A heart surgeon who was born in Ethiopia and came to the U.S. as a refugee at the age of 11, Aklog was educated at Harvard with a view of becoming a particle physicist. He switched in his senior year and went to Harvard Medical. Attracted to his adopted country’s entrepreneurial spirit, Aklog never looked back and as an inventor holds 11 patents with an additional 30 patents pending. If you want to learn how he patents his inventions check out https://azbigmedia.com/business/why-new-inventors-turn-to-inventhelp-for-support/. As innovative as each of these products are, he points to the true innovativeness residing in the hybrid nature of PAVmed’s portfolio platform.

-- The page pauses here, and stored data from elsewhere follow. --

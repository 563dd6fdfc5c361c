//! Until the value has changed.
ghost use Rattle.locks.specs.Calling.{CanLock};

use crate::rounds::MORE;
use locks::{Fault, Mutex, Pass, ThreadParking};
use std::sync::Wait;
use std::time::Clock;

/// The most milliseconds that a wait lasts before the thread looks at the number again.
const MOMENT: u32 = 100;

/// Waits until the number is at least `amount`, and takes that much from it.
fn take<R: Wait + Clock>(
    rt: &R,
    parking: &ThreadParking,
    number: &Mutex<u64>,
    pass: &mut Pass,
    amount: u64,
) -> Result<(), Fault>
    requires { CanLock number.now parking.now pass.old }
    ensures { CanLock number.now parking.now pass.new }
{
    let mut guard = Mutex::lock(pass, number, rt, parking)?;
    for _ in rt.forever() {
        if amount <= *guard.value() {
            *guard.value_mut() -= amount;
            return Ok(());
        }
        guard.wait_for(MORE, MOMENT)?;
    }
    unreachable!()
}

/// Takes one amount, and then another.
pub fn take_twice<R: Wait + Clock>(
    rt: &R,
    parking: &ThreadParking,
    number: &Mutex<u64>,
    pass: &mut Pass,
    first: u64,
    second: u64,
) -> Result<(), Fault>
    requires { CanLock number.now parking.now pass.old }
    ensures { CanLock number.now parking.now pass.new }
{
    take(rt, parking, number, pass, first)?;
    take(rt, parking, number, pass, second)
}
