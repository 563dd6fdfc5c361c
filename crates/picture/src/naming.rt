//! The names that a user gives to seats and conditions.
//!
//! They stand in a text of lines, each with its break: `SEAT NAME`, as `3 parser`, or `condition C NAME`, as
//! `condition 0 not-empty`. The lines are in any order. A name is 1 to 15 characters of printable ASCII, and
//! none of them is a space. A text without lines names nobody.
//!
//! [`read_names`] reads the text. It is refused at its first line that has another form, or that gives a
//! second name to a seat or a condition. [`Names`] are what it says. They are names and nothing else: an
//! object that lacks a seat or a condition of theirs is told as without them.

mod fault;
pub mod limits;
mod line;
mod names;
mod reading;
mod whom;

pub use fault::NamesFault;
pub use names::Names;
pub use reading::read_names;
pub use whom::Whom;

Most medical device companies are built around a call point. A vascular surgery company, would build a vascular surgery sales force that has relationships over the nation and ultimately internationally. An orthopedic or a spine specialist might build its distribution around orthopedics or ophthalmology. PAVmed has a model that resists pigeonholing and instead uses multiple paths for commercialization.
This last concept is one that could be transferrable to almost any business model.